Preocupado, pero más
desahuciado porque parte de su tripulación había perecido en el esfuerzo que
significó empujar “La Libertaria” y la otra parte desertó por los caminos
comunales; nuestro héroe decide jugar su última carta y vista a Lita de
Aerolito, la astróloga de una tribu de la zona para que le tire las cartas.
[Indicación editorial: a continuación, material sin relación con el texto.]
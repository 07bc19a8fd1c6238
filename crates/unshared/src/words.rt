// Words of 64 bits and the numbers that they are. An int32 stands sign-extended.
ghost use Rattle.std.specs.Prelude.{◌≡◌};
ghost use Rattle.cil_meaning.specs.Words.{low_32, narrow};

/// The low 32 bits of a word, filled with zeros.
pub(crate) fn low_32(word: u64) -> u64
    ensures { result ≡ low_32 word }
{
    word % 4294967296
}

/// The int32 that the low 32 bits of a word are, as a word.
pub(crate) fn narrow(word: u64) -> u64
    ensures { result ≡ narrow word }
{
    let low = low_32(word);
    if low < 2147483648 {
        low
    } else {
        low + 18446744069414584320
    }
}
Después de treinta minutos recogiendo las cartas de la baraja que Lita arrojó
sobre su cara, Washington Albornoz emprendió su caminata hacia el congreso de
Tucumán.
De no haber sido por este
criollo la Independencia no se hubiera declarado. Los enardecidos debates en el
seno del congreso debían ser suspendidos cada tanto por la necesidad de los
patriotas de alimentarse, preparándose ellos mismos alguna vitualla. Washington
Albornoz que no solo llevaba en su sangre el germen de la independencia, sino
también, la esencia del vendedor de baratijas, estableció en la puerta de la
Casa de Tucumán un carrito de choripanes, hamburguesas y empanadas, oficiando
de bufé nacional y popular con el fin de que los patriotas no se preocuparan
por su alimentación y dedicaran todo el tiempo a esa declaración tan importante
que debían hacer.
Washington Albornoz, un
patriota que merece el reconocimiento de la historia.